October 2, 2022October 2, 2022

Angela’s Status Report, 2022/10/01

This week I met with my teammates to talk about the specifics of implementing our project. We also received our first parts and are excited to start working on our proof-of-concept for the physical piano interface soon.

Something I thought a lot about, as I am in charge of scheduling the keys, is how often to play them. We know from piano manufacturer Yamaha that a piano’s inner mechanisms allow each key to be pressed up to 15 times in one second. This is limited by an element known as the hammer: it strikes the strings of the piano to create sound. It takes it approximately 1/15 of a second to leave the string after each strike.

Even though we will be working on a digital piano and not an acoustic one, digital pianos are made to imitate acoustic pianos (when on the “piano” setting). Therefore, we can assume that digital pianos can also be approximately played 15 times per second. I first decided that I would be scheduling the keys at 15 Hz. Upon further consideration, I realized that human speech creates phonemes at a far slower rate than 15 per second. I also realized that playing keys at 15 Hz as long as there exists a frequency would result in a “stutter”: instead of “Hello” in 2 syllables, we would hear many syllables. This would render the speech both inaccurate and unintelligible.

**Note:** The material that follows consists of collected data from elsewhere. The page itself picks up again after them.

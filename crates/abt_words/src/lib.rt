//! What the programs print with: the word for how a run ended, here, and printing part by part, in
//! the module `printing`. It stands on `abt_engine` (the endings), `support_buffer` (lent buffers)
//! and `support_cli` (outputs). Start at `word_for`.
#![tactic(auto)]

ghost use Rattle.std.specs.Prelude.{◌≡◌, ◌≤◌, length};
ghost use Rattle.model_network.specs.Run.{ending_word};
ghost use Rattle.abt_engine.specs.Answers.{ending_of};
ghost use Rattle.support_buffer.specs.Puts.{Room, Adds};

pub mod printing;

use abt_engine::Ending;
use support_buffer::cursor::Cursor;

/// Returns the word for how a run ended, at most six letters; it is empty for `Broken`, where the
/// run was rejected. Equals `ending_word` of model_network/specs/Run.antt.
#[tactic(auto, unfolding(model_network::specs::Run::ending_word, abt_engine::specs::Answers::ending_of))]
pub fn word_for(e: Ending) -> &'static [u8]
    ensures word { result.now ≡ ending_word (ending_of e) }
    ensures count { length result.now ≤ 6 }
{
    match e {
        Ending::Unsolvable => b"none",
        Ending::Plan => b"plan",
        Ending::Jammed => b"jammed",
        Ending::Open => b"open",
        Ending::Broken => b"",
    }
}

/// Puts the word for how a run ended behind what the buffer holds. The buffer has room for six
/// bytes more.
pub fn append_ending(out: &mut Cursor<'_>, e: Ending)
    requires { Room out.old 6 }
    ensures text { Adds out.old (ending_word (ending_of e)) out.new }
    ensures short { length (ending_word (ending_of e)) ≤ 6 }
{
    out.put_all(word_for(e));
}
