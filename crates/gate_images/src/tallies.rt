//! What was tried, and what failed.
use abt_words::printing::Screen;
use gate_counters::Count;

/// How many networks, messages and trials of each kind there are.
#[derive(Clone, Copy)]
pub struct Tally {
    pub rails: Count,
    /// Networks of rule 2 among them.
    pub by_rule_2: Count,
    /// Networks with the verdict among them.
    pub at_verdict: Count,
    pub messages: Count,
    /// Images tried in another layout.
    pub turned: Count,
    /// Images moved to the other form.
    pub moved: Count,
    /// Images of the first form with one byte changed.
    pub changed: Count,
    /// Beginnings of images.
    pub cut: Count,
    /// Images of the second form with one byte changed.
    pub small_changed: Count,
    failed: Count,
}

impl Tally {
    /// Nothing tried yet.
    pub fn new() -> Tally {
        let none = Count::none();
        Tally {
            rails: none,
            by_rule_2: none,
            at_verdict: none,
            messages: none,
            turned: none,
            moved: none,
            changed: none,
            cut: none,
            small_changed: none,
            failed: none,
        }
    }

    /// Counts what is not right as failed.
    pub fn judge(&mut self, right: bool) {
        if !right {
            self.failed.add(1);
        }
    }

    /// Prints how much was tried.
    pub fn report(&self, out: Screen) {
        out.line(b"rails ", self.rails.n)
            .line(b"of these by rule 2: ", self.by_rule_2.n)
            .line(b"of these with the verdict: ", self.at_verdict.n)
            .line(b"messages on their lines ", self.messages.n)
            .line(b"in another layout ", self.turned.n)
            .line(b"moved to the other form ", self.moved.n)
            .line(b"bytes changed ", self.changed.n)
            .line(b"beginnings cut off ", self.cut.n)
            .line(b"bytes of the second form changed ", self.small_changed.n)
            .number(self.failed.n)
            .put(b" failed\n");
    }
}
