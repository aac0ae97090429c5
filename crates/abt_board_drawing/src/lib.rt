//! Draws the board of a network: the text by which `board` shows it. docs/PROGRAMS.md, 'The board
//! and the image on the command line'. Stands on `abt_record` (the network) and makes its text in
//! memory. Start reading at `put_board`; specs/Text.antt defines each line. Each function appends
//! its part to `out`; where memory runs out it returns `AllocError`, and `out` holds some beginning
//! of the part.
#![tactic(auto)]

ghost use Rattle.std.specs.Prelude.{◌≡◌, ◌++◌, OnOk};
ghost use Rattle.abt_record.specs.Abstract.{network_of};
ghost use Rattle.model_base.specs.Decimal.{decimal};
ghost use Rattle.abt_board_drawing.specs.Text.{scanner_block, line_line, verdict_line, scanner_blocks, line_lines, board_of};

mod agents;
mod lines;
mod sides;

use abt_record::Network;
use agents::put_agent;
use lines::put_channels;
use std::alloc::AllocError;
use support_buffer::append_number;
use support_buffer::cursor::Cursor;

/// Appends a number in decimal to `out`. `AllocError` where memory runs out. Equals `decimal` of
/// model_base/specs/Decimal.antt.
pub fn put_number(out: &mut Vec<u8>, n: u64) -> Result<(), AllocError>
    ensures { OnOk result (out.new.items ≡ out.old.items ++ decimal n) }
{
    let mut digits = [0u8; 20];
    let mut next = Cursor {
        buffer: &mut digits,
        at: 0,
    };
    append_number(&mut next, n);
    let count = next.at;
    out.extend_from_slice(&digits[..count])
}

// "verdict none", where it stands.
#[tactic(auto, unfolding(crate::specs::Text::verdict_line, crate::specs::Text::said_if, model_base::specs::Decimal::newline))]
fn put_verdict(out: &mut Vec<u8>, unsolvable: bool) -> Result<(), AllocError>
    ensures { OnOk result (out.new.items ≡ out.old.items ++ verdict_line unsolvable) }
{
    if unsolvable {
        out.extend_from_slice(b"verdict none\n")?;
    }
    Ok(())
}

// A block for each agent, of twelve at most.
fn put_agents(out: &mut Vec<u8>, r: &Network) -> Result<(), AllocError>
    ensures { OnOk result (out.new.items ≡ out.old.items ++ scanner_blocks (network_of r.now)) }
{
    for i in 0..r.count.min(12) {
        put_agent(out, u64::from(i) + 1, &r.agents[i as usize])?;
    }
    Ok(())
}

/// Appends the board of a network to `out`: the verdict, a block for each agent, and a line for
/// each channel that holds something. Takes any network, forged ones included. `AllocError` where
/// memory runs out. Equals `board_of` of specs/Text.antt.
#[tactic(auto, unfolding(crate::specs::Text::board_of, abt_record::specs::Abstract::network_of))]
pub fn put_board(out: &mut Vec<u8>, r: &Network) -> Result<(), AllocError>
    ensures { OnOk result (out.new.items ≡ out.old.items ++ board_of (network_of r.now)) }
{
    put_verdict(out, r.unsolvable)?;
    put_agents(out, r)?;
    put_channels(out, r)
}
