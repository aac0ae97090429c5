//! The image of a network laid out a second time in both forms, as docs/FORMATS.md has it.
use crate::lines::{lines_of, message_at};
use abt_agent::{Agent, Message, PackedAssignment, Traffic};
use abt_record::Network;
use std::alloc::{AllocError, Global};

/// The parts of an image as they stand in the first form: the header and the bans, a record for
/// each agent, the channels' heads, a record for each message.
#[derive(Drop)]
pub struct Image {
    alloc: Global,
    front: Vec<u8>,
    scanners: Vec<[u8; 170]>,
    /// A channel's head: the number of its first message, or zero.
    pub heads: Vec<[u8; 2]>,
    /// The messages, channel by channel.
    pub messages: Vec<[u8; 16]>,
}

// ---- the bans

// Where the words of each higher agent begin in the table, which has them by higher, then lower
// agent.
const ROWS: [u8; 12] = [0, 0, 1, 3, 6, 10, 15, 21, 28, 36, 45, 55];

// The words of all pairs, by lower, then higher agent.
fn put_bans(out: &mut Vec<u8>, bans: &[u64; 66]) -> Result<(), AllocError> {
    for lower in 0..12 {
        for row in &ROWS[lower + 1..] {
            let word = bans.get(usize::from(*row) + lower).copied().unwrap_or(0);
            out.extend_from_slice(&word.to_le_bytes())?;
        }
    }
    Ok(())
}

// ---- agents

// Twelve values, agent 1 first.
fn slots(digits: u64) -> [u8; 12] {
    let mut bytes = [0u8; 12];
    let mut rest = digits;
    for byte in &mut bytes {
        *byte = (rest % 16) as u8;
        rest /= 16;
    }
    bytes
}

// A nogood for each of values 1 to 8: 1 and its left side, or zeros. `nogood_mask` has a bit for
// each.
fn reasons(nogood_mask: u8, nogoods: &[u64; 8]) -> [u8; 104] {
    let mut bytes = [0u8; 104];
    let mut rest = nogood_mask;
    for v in 0..8 {
        if rest % 2 == 1 {
            bytes[13 * v] = 1;
            bytes[13 * v + 1..13 * v + 13].copy_from_slice(&slots(nogoods[v]));
        }
        rest /= 2;
    }
    bytes
}

fn counts(c: Traffic) -> [u8; 24] {
    let mut bytes = [0u8; 24];
    bytes[..8].copy_from_slice(&c.infos.to_le_bytes());
    bytes[8..16].copy_from_slice(&c.backs.to_le_bytes());
    bytes[16..].copy_from_slice(&c.links.to_le_bytes());
    bytes
}

fn all_counts(a: &Agent) -> [u8; 48] {
    let mut bytes = [0u8; 48];
    bytes[..24].copy_from_slice(&counts(a.sent));
    bytes[24..].copy_from_slice(&counts(a.received));
    bytes
}

// Value, last value, the sets, the view.
fn view(a: &Agent) -> [u8; 18] {
    let mut bytes = [0u8; 18];
    bytes[0] = a.value;
    bytes[1] = a.last;
    bytes[2..4].copy_from_slice(&a.listens.to_le_bytes());
    bytes[4..6].copy_from_slice(&a.informs.to_le_bytes());
    bytes[6..].copy_from_slice(&slots(a.view.digits));
    bytes
}

// These and the nogoods.
fn view_and_reasons(a: &Agent) -> [u8; 122] {
    let mut bytes = [0u8; 122];
    bytes[..18].copy_from_slice(&view(a));
    bytes[18..].copy_from_slice(&reasons(a.nogood_mask, &a.nogoods));
    bytes
}

// These and the counts.
fn scanner(a: &Agent) -> [u8; 170] {
    let mut bytes = [0u8; 170];
    bytes[..122].copy_from_slice(&view_and_reasons(a));
    bytes[122..].copy_from_slice(&all_counts(a));
    bytes
}

// ---- messages

// The packed left side as one word, worked out without the writer's `unpack`.
fn packed_side(lhs: PackedAssignment) -> u64 {
    u64::from(lhs.low) + u64::from(lhs.middle) * 65536 + u64::from(lhs.high) * 4294967296
}

// Sort, value, next index, left side.
fn message(m: Message, next: u16) -> [u8; 16] {
    let (sort, slot, lhs) = match m {
        Message::Info(v) => (1, v, 0),
        Message::Back(v, lhs) => (2, v, packed_side(lhs)),
        Message::AddLink => (3, 0, 0),
    };
    let mut bytes = [0u8; 16];
    bytes[0] = sort;
    bytes[1] = slot;
    bytes[2..4].copy_from_slice(&next.to_le_bytes());
    bytes[4..].copy_from_slice(&slots(lhs));
    bytes
}

// A message's record in the second form: its twelve values are six bytes, the lower-numbered agent
// in the low half.
fn packed(record: &[u8; 16]) -> [u8; 10] {
    let mut bytes = [0u8; 10];
    bytes[..4].copy_from_slice(&record[..4]);
    for k in 0..6 {
        bytes[4 + k] = record[5 + 2 * k] % 16 * 16 + record[4 + 2 * k] % 16;
    }
    bytes
}

// ---- the whole

// The first byte of all records, then the second, and so on.
fn put_by_place<const N: usize>(out: &mut Vec<u8>, records: &[[u8; N]]) -> Result<(), AllocError> {
    for place in 0..N {
        for record in records {
            out.push(record[place])?;
        }
    }
    Ok(())
}

impl Image {
    fn put_front(&mut self, r: &Network) -> Result<(), AllocError> {
        self.front
            .extend_from_slice(&[1, r.count, r.rule, u8::from(r.unsolvable)])?;
        self.front.extend_from_slice(&r.domains)?;
        put_bans(&mut self.front, &r.bans)
    }

    fn put_scanners(&mut self, r: &Network) -> Result<(), AllocError> {
        for a in r.agents.iter().take(usize::from(r.count)) {
            self.scanners.push(scanner(a))?;
        }
        Ok(())
    }

    // The head of a channel is the number of its first message, or zero; the next index of a
    // message is that of the one behind it, or zero.
    fn put_lines(&mut self, r: &Network) -> Result<(), AllocError> {
        for (c, line) in lines_of(r).iter().enumerate() {
            let head = if line.count == 0 { 0 } else { line.first };
            self.heads.push(head.to_le_bytes())?;
            for k in 1..=line.count {
                let next = if k < line.count {
                    line.first.saturating_add(u16::from(k))
                } else {
                    0
                };
                self.messages.push(message(message_at(r, c, k - 1), next))?;
            }
        }
        Ok(())
    }

    /// Lays out a network. Fails where memory runs out.
    pub fn of(alloc: Global, r: &Network) -> Result<Image, AllocError> {
        let mut image = Image {
            alloc,
            front: Vec::new(alloc),
            scanners: Vec::new(alloc),
            heads: Vec::new(alloc),
            messages: Vec::new(alloc),
        };
        image.put_front(r)?;
        image.put_scanners(r)?;
        image.put_lines(r)?;
        Ok(image)
    }

    /// The bytes of the first form.
    pub fn first_form(&self) -> Result<Vec<u8>, AllocError> {
        let mut out = Vec::new(self.alloc);
        out.extend_from_slice(&self.front)?;
        for record in &self.scanners {
            out.extend_from_slice(record)?;
        }
        for head in &self.heads {
            out.extend_from_slice(head)?;
        }
        for record in &self.messages {
            out.extend_from_slice(record)?;
        }
        Ok(out)
    }

    /// The bytes of the second form: "Bytes that begin with 2"; the records stand by place.
    pub fn second_form(&self) -> Result<Vec<u8>, AllocError> {
        let mut out = Vec::new(self.alloc);
        out.push(2)?;
        out.extend(self.front.iter().skip(1).copied())?;
        put_by_place(&mut out, &self.scanners)?;
        for head in &self.heads {
            out.extend_from_slice(head)?;
        }
        let mut records = Vec::new(self.alloc);
        for record in &self.messages {
            records.push(packed(record))?;
        }
        put_by_place(&mut out, &records)?;
        Ok(out)
    }
}
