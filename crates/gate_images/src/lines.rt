//! The channels of a network, read without the writer that is tried: the two share the numbering of
//! the channels, which is proved.
ghost use Rattle.std.specs.Prelude.{◌<◌};

use abt_agent::Message;
use abt_packed::digit;
use abt_record::Network;
use abt_shape::places::ends_of;

/// A channel's messages.
#[derive(Clone, Copy)]
pub struct Line {
    /// How many there are.
    pub count: u8,
    /// The number of the first of them, messages being numbered from 1 over all channels.
    pub first: u16,
}

// How many messages channel c holds.
#[tactic(auto, using(abt_shape::proofs::Numbering::ends))]
fn held(r: &Network, c: usize) -> u8
    requires { c < 132 }
    ensures { result < 16 }
{
    let (from, to) = ends_of(c);
    digit(r.counts[from as usize - 1], to)
}

/// All channels, messages being numbered from 1.
pub fn lines_of(r: &Network) -> [Line; 132] {
    let mut lines = [Line { count: 0, first: 1 }; 132];
    let mut first: u16 = 1;
    for (c, line) in lines.iter_mut().enumerate() {
        *line = Line {
            count: held(r, c),
            first,
        };
        first = first.saturating_add(u16::from(line.count));
    }
    lines
}

/// The message that stands so far behind the head of channel c, 0 to 131.
#[tactic(auto, using(abt_shape::proofs::Numbering::ends))]
pub fn message_at(r: &Network, c: usize, ahead: u8) -> Message
    requires { c < 132 }
{
    let (from, to) = ends_of(c);
    let head = digit(r.heads[from as usize - 1], to);
    r.places[8 * c + usize::from(head % 8 + ahead % 8) % 8].message
}
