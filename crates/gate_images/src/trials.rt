//! What an image is held to.
use abt_image_mover::{Form, load, move_image, store_as};
use abt_record::Network;
use gate_second_reading::buffers::{MARK, untouched};
use std::alloc::{AllocError, Global};
use support_rejection::Rejection;

// A buffer with sixteen bytes more than the longest image.
const LENT: usize = 19760;

// The form that bytes begin with.
fn form_of(bytes: &[u8]) -> Form {
    if bytes.starts_with(&[2]) {
        Form::Second
    } else {
        Form::First
    }
}

// ---- one write into a lent buffer

// The writer puts these bytes, and leaves those behind them.
fn puts<F: FnOnce(&mut [u8]) -> Result<usize, Rejection>>(write: F, bytes: &[u8]) -> bool
    requires { F.IsAlwaysCallable write }
{
    let mut lent = [MARK; LENT];
    write(&mut lent) == Ok(bytes.len()) && lent.starts_with(bytes) && untouched(&lent, bytes.len())
}

// Lent so many bytes, the writer rejects so, and leaves the buffer as it was.
fn refuses<F: FnOnce(&mut [u8]) -> Result<usize, Rejection>>(
    write: F,
    length: usize,
    rejection: Rejection,
) -> bool
    requires { F.IsAlwaysCallable write }
{
    let mut lent = [MARK; LENT];
    length <= LENT && write(&mut lent[..length]) == Err(rejection) && untouched(&lent, 0)
}

// ---- reading

/// The bytes are rejected, or are the image of what they gave, in the form that they begin with.
pub fn read_right(bytes: &[u8]) -> bool {
    match load(bytes) {
        Ok(r) => puts(|out| store_as(form_of(bytes), r, out), bytes),
        Err(rejection) => rejection == Rejection::BadImage,
    }
}

/// The bytes are rejected with 13.
pub fn no_image(bytes: &[u8]) -> bool {
    matches!(load(bytes), Err(Rejection::BadImage))
}

// With a zero behind the image, and with sixteen, it is rejected.
fn ends_right(alloc: Global, image: &[u8]) -> Result<bool, AllocError> {
    let mut longer = Vec::new(alloc);
    longer.extend_from_slice(image)?;
    longer.push(0)?;
    let right = no_image(&longer);
    longer.extend_from_slice(&[0; 15])?;
    Ok(right && no_image(&longer))
}

// ---- all of one image

/// The network's image in a form is these very bytes, and they are read. With zeros behind it, it
/// is no image; a byte short, and out of shape, it is not written. Fails where memory runs out.
pub fn form_right(
    alloc: Global,
    r: &Network,
    form: Form,
    image: &[u8],
) -> Result<bool, AllocError> {
    let broken = Network { rule: 3, ..*r };
    let short = image.len().saturating_sub(1);
    Ok(
        puts(|out| store_as(form, *r, out), image)
            && load(image).is_ok()
            && read_right(image)
            && ends_right(alloc, image)?
            && refuses(|out| store_as(form, *r, out), short, Rejection::ShortBuffer)
            && refuses(|out| store_as(form, broken, out), LENT, Rejection::BadShape),
    )
}

// An image is moved to the other form, but not into a buffer a byte short; damage is told before a
// short buffer.
fn moves_to(image: &[u8], other: &[u8], damaged: &[u8]) -> bool {
    let short = other.len().saturating_sub(1);
    puts(|out| move_image(image, out), other)
        && refuses(|out| move_image(image, out), short, Rejection::ShortBuffer)
        && refuses(|out| move_image(damaged, out), 0, Rejection::BadImage)
}

/// An image is moved there and back.
pub fn moves_right(first: &[u8], second: &[u8]) -> bool {
    first.len() > 1
        && second.len() > 1
        && moves_to(first, second, &first[1..])
        && moves_to(second, first, &second[..1])
}
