// An agent's block: its value, then a line each for its agent view, the agents that it informs, its
// nogoods and its counts. A value of 0 is none.
ghost use Rattle.std.specs.Prelude.{◌≡◌, ◌++◌, OnOk, Some};
ghost use Rattle.abt_agent.specs.Abstract.{assigned, count_of, agent_of};
ghost use Rattle.abt_board_drawing.specs.Text.{slot_of, scanner_line, view_text, view_line, informs_text, informs_line, reason_line, reason_lines, sorts, counts_line, scanner_block};

use crate::put_number;
use crate::sides::{put_left_side, put_scanners, put_sight};
use abt_agent::{Agent, Assignment, Traffic};
use std::alloc::AllocError;

// The value; where the verdict left the agent without one, the last that it took.
#[tactic(auto, unfolding(crate::specs::Text::slot_of, model_agent::specs::Message::known, abt_agent::specs::Abstract::agent_of))]
fn put_slot(out: &mut Vec<u8>, a: &Agent) -> Result<(), AllocError>
    ensures { OnOk result (out.new.items ≡ out.old.items ++ slot_of (agent_of a.now)) }
{
    if a.value != 0 {
        return put_number(out, u64::from(a.value));
    }
    out.extend_from_slice(b"-, last ")?;
    put_number(out, u64::from(a.last))
}

#[tactic(auto, unfolding(crate::specs::Text::scanner_line, model_base::specs::Decimal::newline))]
fn put_scanner_line(out: &mut Vec<u8>, number: u64, a: &Agent) -> Result<(), AllocError>
    ensures { OnOk result (out.new.items ≡ out.old.items ++ scanner_line number (agent_of a.now)) }
{
    out.extend_from_slice(b"scanner ")?;
    put_number(out, number)?;
    out.extend_from_slice(b" slot ")?;
    put_slot(out, a)?;
    out.extend_from_slice(b"\n")
}

#[tactic(auto, unfolding(crate::specs::Text::view_text, model_base::specs::Decimal::newline, abt_agent::specs::Abstract::agent_of))]
fn put_view_text(out: &mut Vec<u8>, a: &Agent) -> Result<(), AllocError>
    ensures { OnOk result (out.new.items ≡ out.old.items ++ view_text (agent_of a.now)) }
{
    out.extend_from_slice(b"  view")?;
    put_sight(out, a.listens, a.view)?;
    out.extend_from_slice(b"\n")
}

// The agents listened to, with their values; no line where there are none.
fn put_view(out: &mut Vec<u8>, a: &Agent) -> Result<(), AllocError>
    ensures { OnOk result (out.new.items ≡ out.old.items ++ view_line (agent_of a.now)) }
{
    if a.listens == 0 {
        Ok(())
    } else {
        put_view_text(out, a)
    }
}

#[tactic(auto, unfolding(crate::specs::Text::informs_text, model_base::specs::Decimal::newline, abt_agent::specs::Abstract::agent_of))]
fn put_informs_text(out: &mut Vec<u8>, a: &Agent) -> Result<(), AllocError>
    ensures { OnOk result (out.new.items ≡ out.old.items ++ informs_text (agent_of a.now)) }
{
    out.extend_from_slice(b"  informs")?;
    put_scanners(out, a.informs)?;
    out.extend_from_slice(b"\n")
}

// The agents informed; no line where there are none.
fn put_informs(out: &mut Vec<u8>, a: &Agent) -> Result<(), AllocError>
    ensures { OnOk result (out.new.items ≡ out.old.items ++ informs_line (agent_of a.now)) }
{
    if a.informs == 0 {
        Ok(())
    } else {
        put_informs_text(out, a)
    }
}

// The nogood of value v.
#[tactic(auto, unfolding(crate::specs::Text::reason_line, model_base::specs::Decimal::newline))]
fn put_reason(out: &mut Vec<u8>, v: u64, l: Assignment) -> Result<(), AllocError>
    ensures { OnOk result (out.new.items ≡ out.old.items ++ reason_line v (Some (assigned l))) }
{
    out.extend_from_slice(b"  reason ")?;
    put_number(out, v)?;
    out.extend_from_slice(b":")?;
    put_left_side(out, l)?;
    out.extend_from_slice(b"\n")
}

// A line for each stored nogood, by value.
fn put_reasons(out: &mut Vec<u8>, a: &Agent) -> Result<(), AllocError>
    ensures { OnOk result (out.new.items ≡ out.old.items ++ reason_lines (agent_of a.now)) }
{
    for v in 0u8..8 {
        if (a.nogood_mask >> v) % 2 == 1 {
            let digits = a.nogoods[v as usize];
            put_reason(out, u64::from(v) + 1, Assignment { digits })?;
        }
    }
    Ok(())
}

// How many messages of each sort.
#[tactic(auto, unfolding(crate::specs::Text::sorts, abt_agent::specs::Abstract::count_of))]
fn put_sorts(out: &mut Vec<u8>, c: Traffic) -> Result<(), AllocError>
    ensures { OnOk result (out.new.items ≡ out.old.items ++ sorts (count_of c)) }
{
    out.extend_from_slice(b" news ")?;
    put_number(out, c.infos)?;
    out.extend_from_slice(b" refusals ")?;
    put_number(out, c.backs)?;
    out.extend_from_slice(b" links ")?;
    put_number(out, c.links)
}

// What was sent and received, left out where nothing was.
#[tactic(auto, unfolding(crate::specs::Text::counts_line, crate::specs::Text::said_if, model_base::specs::Decimal::newline, model_agent::specs::Traffic::each_count, abt_agent::specs::Abstract::agent_of, abt_agent::specs::Abstract::counts_of))]
fn put_counts(out: &mut Vec<u8>, a: &Agent) -> Result<(), AllocError>
    ensures { OnOk result (out.new.items ≡ out.old.items ++ counts_line (agent_of a.now)) }
{
    if a.sent.is_zero() && a.received.is_zero() {
        return Ok(());
    }
    out.extend_from_slice(b"  sent")?;
    put_sorts(out, a.sent)?;
    out.extend_from_slice(b", received")?;
    put_sorts(out, a.received)?;
    out.extend_from_slice(b"\n")
}

/// Appends the block of the agent with this number to `out`. `AllocError` where memory runs out.
/// Equals `scanner_block` of specs/Text.antt.
#[tactic(auto, unfolding(crate::specs::Text::scanner_block))]
pub fn put_agent(out: &mut Vec<u8>, number: u64, a: &Agent) -> Result<(), AllocError>
    ensures { OnOk result (out.new.items ≡ out.old.items ++ scanner_block number (agent_of a.now)) }
{
    put_scanner_line(out, number, a)?;
    put_view(out, a)?;
    put_informs(out, a)?;
    put_reasons(out, a)?;
    put_counts(out, a)
}
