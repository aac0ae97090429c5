//! The same messages in another layout: those of two channels that hold one each change places, and
//! the heads of these channels too.
ghost use Rattle.std.specs.Prelude.{◌<◌, length, IfSome};

use crate::layout::Image;
use crate::lines::{Line, lines_of};
use abt_record::Network;

// The first channel that holds one message.
fn single(lines: &[Line]) -> Option<usize>
    ensures { IfSome result (λ c. c < length lines.now) }
{
    lines.iter().position(|l| l.count == 1)
}

fn swap<T>(records: &mut [T], a: usize, b: usize) {
    if a < records.len() && b < records.len() {
        records.swap(a, b);
    }
}

/// Makes the first two channels of one message change places; returns whether there are two.
pub fn turn(image: &mut Image, r: &Network) -> bool {
    let lines = lines_of(r);
    let Some(a) = single(&lines) else {
        return false;
    };
    let Some(ahead) = single(&lines[a + 1..]) else {
        return false;
    };
    let b = a + 1 + ahead;
    swap(&mut image.heads, a, b);
    swap(
        &mut image.messages,
        usize::from(lines[a].first).saturating_sub(1),
        usize::from(lines[b].first).saturating_sub(1),
    );
    true
}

I decided that the keys should be scheduled as such: at each time period, we should compare the status of each frequency to its status at the previous time period. These statuses will be encoded as booleans: 0 if the frequency is not heard, and 1 if it is. If the frequency is going from 0 to 1, we will play the key. If the frequency is going from 1 to 0, we will release the key. Otherwise, keys will retain their former position. This should result in acceptable fidelity to human speech. The time periods have not been decided yet; we will experiment with different frequencies to determine the best one for evoking speech.